A single number is required: the count of lines in the following entries that include the word "many".

◆ ◆ ◆ ◆

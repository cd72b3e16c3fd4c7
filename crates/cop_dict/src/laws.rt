//! Laws of the definitions that contracts cite.

ghost use Rattle.std.specs.Prelude.{◌≡◌, ◌==◌, ◌<◌, ◌≤◌, ◌+◌, ◌%◌, ◌^◌, ◌&&◌, ℕ, ℤ, List, All, length, true, false, Option, option_map, Some, IfSome, Ok, Err, Contains};
ghost use Rattle.std.specs.Int.{bytes_low_first};
ghost use Rattle.cop_eds.specs.declared.amount.Amount.{Amount};
ghost use Rattle.cop_dict.specs.declared.data_type.DataType.{DataType};
ghost use Rattle.cop_dict.specs.Types.{greatest_of, type_numbered};
ghost use Rattle.cop_dict.specs.Number.{number, value_of};
ghost use Rattle.cop_dict.specs.Patterns.{pattern_of, number_written};
ghost use Rattle.cop_eds.specs.declared.description.Object.{Object};
ghost use Rattle.cop_eds.specs.Objects.{objects_of};
ghost use Rattle.cop_dict.specs.Build.{built, entry_built, AgreesWith};
ghost use Rattle.cop_dict.specs.Pdo.{is_mapping, is_communication, pdo_exists, exists_by, cob_id_at};
ghost use Rattle.cop_dict.specs.Find.{Entry, entry_at, IsSorted, AreAlike};
ghost use Rattle.cop_dict.specs.Dict.{admitted, unless_broken, refused_alone, with_value, valued, as_built, reset_communication, initial, initial_communication, written, Replaces};
ghost use Rattle.cop_dict.specs.Fitting.{FitsType, HasFittingValues};
ghost use Rattle.cop_dict.specs.declared.abort.Abort.{Abort};

/// A write leaves what stands at each other index and sub.
pub fn others_stay()
    ensures { (dict : List Entry) (index sub other part : ℕ) (bytes : List ℕ) → (index == other) && (sub == part) ≡ false
        → entry_at (with_value index sub bytes dict) other part ≡ entry_at dict other part }
{}

/// What is refused before the bytes come is refused with them, if they are as many as stated.
pub fn refused_early_is_refused()
    ensures { (dict : List Entry) (index sub : ℕ) (size : Option ℕ) (bytes : List ℕ) (abort : Abort)
        → IfSome size (λ n. length bytes ≡ n) → admitted dict index sub size ≡ Err abort → written dict index sub bytes ≡ Err abort }
{}

/// A change of a value changes the entry at its index and sub in nothing else.
pub fn value_is_replaced()
    ensures { (dict : List Entry) (index sub : ℕ) (bytes : List ℕ)
        → entry_at (with_value index sub bytes dict) index sub ≡ option_map (valued bytes) (entry_at dict index sub) }
{}

/// A reset gives each entry its initial value, or each in the communication profile area, and
/// changes nothing else.
pub fn resets_are_pointwise()
    ensures { (dict : List Entry) (index sub : ℕ)
        → (entry_at (initial dict) index sub ≡ option_map as_built (entry_at dict index sub))
        × (entry_at (initial_communication dict) index sub ≡ option_map reset_communication (entry_at dict index sub)) }
{}

/// An accepted write replaces the value at its index and sub, and no other.
pub fn accepted_replaces()
    ensures { (dict new : List Entry) (index sub : ℕ) (bytes : List ℕ) → written dict index sub bytes ≡ Ok new → Replaces dict new index sub bytes }
{}

/// Each entry of a dictionary is the one at its index and sub, so entries differ in them.
pub fn entries_are_found()
    ensures { (dict : List Entry) (entry : Entry) → IsSorted dict → Contains dict entry → entry_at dict entry.index entry.sub ≡ Some entry }
{}

/// After an accepted write the entries rise by index and sub as before.
pub fn accepted_stays_sorted()
    ensures { (dict new : List Entry) (index sub : ℕ) (bytes : List ℕ) → IsSorted dict → written dict index sub bytes ≡ Ok new → IsSorted new }
{}

/// What is built for a node rises by index and sub.
pub fn built_is_sorted()
    ensures { (text : List ℕ) (node : ℕ) (dict : List Entry) → built text node ≡ Ok dict → IsSorted dict }
{}

/// The pattern that a text's value has in a type stands for the number that is written: in decimal
/// digits, with a minus, or as a sum with the node's number.
pub fn patterns_stand_for_numbers()
    ensures { (data_type : DataType) (greatest node pattern : ℕ) (amount : Amount) (number : ℤ)
        → greatest_of data_type ≡ Some greatest → number_written node amount ≡ Some number
        → pattern_of data_type greatest node amount ≡ Some pattern → value_of data_type pattern ≡ number }
{}

/// The bytes of a number that so many bytes hold are that number.
pub fn bytes_are_their_number()
    ensures { (width n : ℕ) → n < 256 ^ width → number (bytes_low_first 0 width n) ≡ n }
{}

/// Bytes are those of the number that they are.
pub fn number_has_its_bytes()
    ensures { (bytes : List ℕ) → All (λ byte. byte < 256) bytes → bytes_low_first 0 (length bytes) (number bytes) ≡ bytes }
{}

/// Whether a write is accepted depends on the entry alone, except at mapping records.
pub fn accepted_by_the_entry()
    ensures { (dict : List Entry) (index sub : ℕ) (bytes : List ℕ) (e : Entry) → entry_at dict index sub ≡ Some e → is_mapping e.index ≡ false
        → written dict index sub bytes ≡ unless_broken (refused_alone e bytes) (with_value index sub bytes dict) }
{}

/// A reset of a dictionary that was built gives it again.
pub fn resets_give_what_was_built()
    ensures { (text : List ℕ) (node : ℕ) (dict : List Entry) → built text node ≡ Ok dict → (initial dict ≡ dict) × (initial_communication dict ≡ dict) }
{}

/// What stands at the address of an object that a text describes is the entry of that object, and nothing else stands
/// anywhere.
pub fn built_is_pointwise()
    ensures each { (text : List ℕ) (node : ℕ) (dict : List Entry) (object : Object) → built text node ≡ Ok dict → Contains (objects_of text) object
        → (entry : Entry) × (entry_built text node object ≡ Ok entry) × (entry_at dict object.index object.sub ≡ Some entry) }
    ensures only { (text : List ℕ) (node index sub : ℕ) (dict : List Entry) (entry : Entry) → built text node ≡ Ok dict → entry_at dict index sub ≡ Some entry
        → (object : Object) × Contains (objects_of text) object × (object.index ≡ index) × (object.sub ≡ sub) × (entry_built text node object ≡ Ok entry) }
{}

/// Why CiA 301 has rules for writes to the records of a PDO: while a PDO exists no accepted write changes an entry of its
/// mapping, and a write that leaves it existing or switches it off leaves bits 0 to 29 of its COB-ID, so its identifier.
pub fn existing_pdos_stay()
    ensures mapping { (dict new : List Entry) (index sub pdo part : ℕ) (bytes : List ℕ) → written dict index sub bytes ≡ Ok new → is_communication pdo ≡ true
        → pdo_exists dict pdo ≡ true → entry_at new (pdo + 0x200) part ≡ entry_at dict (pdo + 0x200) part }
    ensures identifier { (dict new : List Entry) (index sub pdo before after : ℕ) (bytes : List ℕ) → written dict index sub bytes ≡ Ok new → is_communication pdo ≡ true
        → cob_id_at dict pdo ≡ Some before → exists_by before ≡ true → cob_id_at new pdo ≡ Some after → after % 2 ^ 30 ≡ before % 2 ^ 30 }
{}

/// A dictionary depends on the objects that a text describes, and on their values and limits, alone: a text that agrees in
/// these with one that is built builds the same.
pub fn agreeing_texts_build_the_same()
    ensures { (old new : List ℕ) (node : ℕ) (dict : List Entry) → AgreesWith old new → built old node ≡ Ok dict → built new node ≡ Ok dict }
{}

/// What is built has values that fit their types: as many bytes as the type has, and no more bits. Accepted writes of bytes,
/// changes to such values, and resets keep it so.
pub fn values_fit_their_types()
    ensures built { (text : List ℕ) (node : ℕ) (dict : List Entry) → built text node ≡ Ok dict → HasFittingValues dict }
    ensures writes { (dict new : List Entry) (index sub : ℕ) (bytes : List ℕ) → written dict index sub bytes ≡ Ok new → All (λ byte. byte < 256) bytes
        → HasFittingValues dict → HasFittingValues new }
    ensures changes { (dict : List Entry) (index sub : ℕ) (bytes : List ℕ) → IfSome (entry_at dict index sub) (λ entry. FitsType entry.description.data_type bytes)
        → HasFittingValues dict → HasFittingValues (with_value index sub bytes dict) }
    ensures resets { (dict : List Entry) → HasFittingValues dict → HasFittingValues (initial dict) × HasFittingValues (initial_communication dict) }
{}

/// A text of which a dictionary is built for the last node, 127, has one for each node before it, and each has entries of the same
/// types: a value or a limit is one for all nodes, or a number and the node's.
pub fn built_for_the_last_node_is_built_for_each()
    ensures all { (text : List ℕ) (node : ℕ) (last : List Entry) → node ≤ 127 → built text 127 ≡ Ok last → (dict : List Entry) × (built text node ≡ Ok dict) }
    ensures types { (text : List ℕ) (node : ℕ) (object : Object) (entry : Entry) → entry_built text node object ≡ Ok entry → entry.description.data_type ≡ type_numbered object.data_type }
{}

/// Objects of two texts whose entries are alike for the first node and for the last one have entries that are alike for each.
pub fn alike_at_both_ends_is_alike()
    ensures { (old new : List ℕ) (node : ℕ) (object other : Object) (a b c d entry changed : Entry)
        → entry_built old 1 object ≡ Ok a → entry_built new 1 other ≡ Ok b → AreAlike a b
        → entry_built old 127 object ≡ Ok c → entry_built new 127 other ≡ Ok d → AreAlike c d
        → entry_built old node object ≡ Ok entry → entry_built new node other ≡ Ok changed → AreAlike entry changed }
{}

◆ ◆ ◆ ◆

RESULT => 3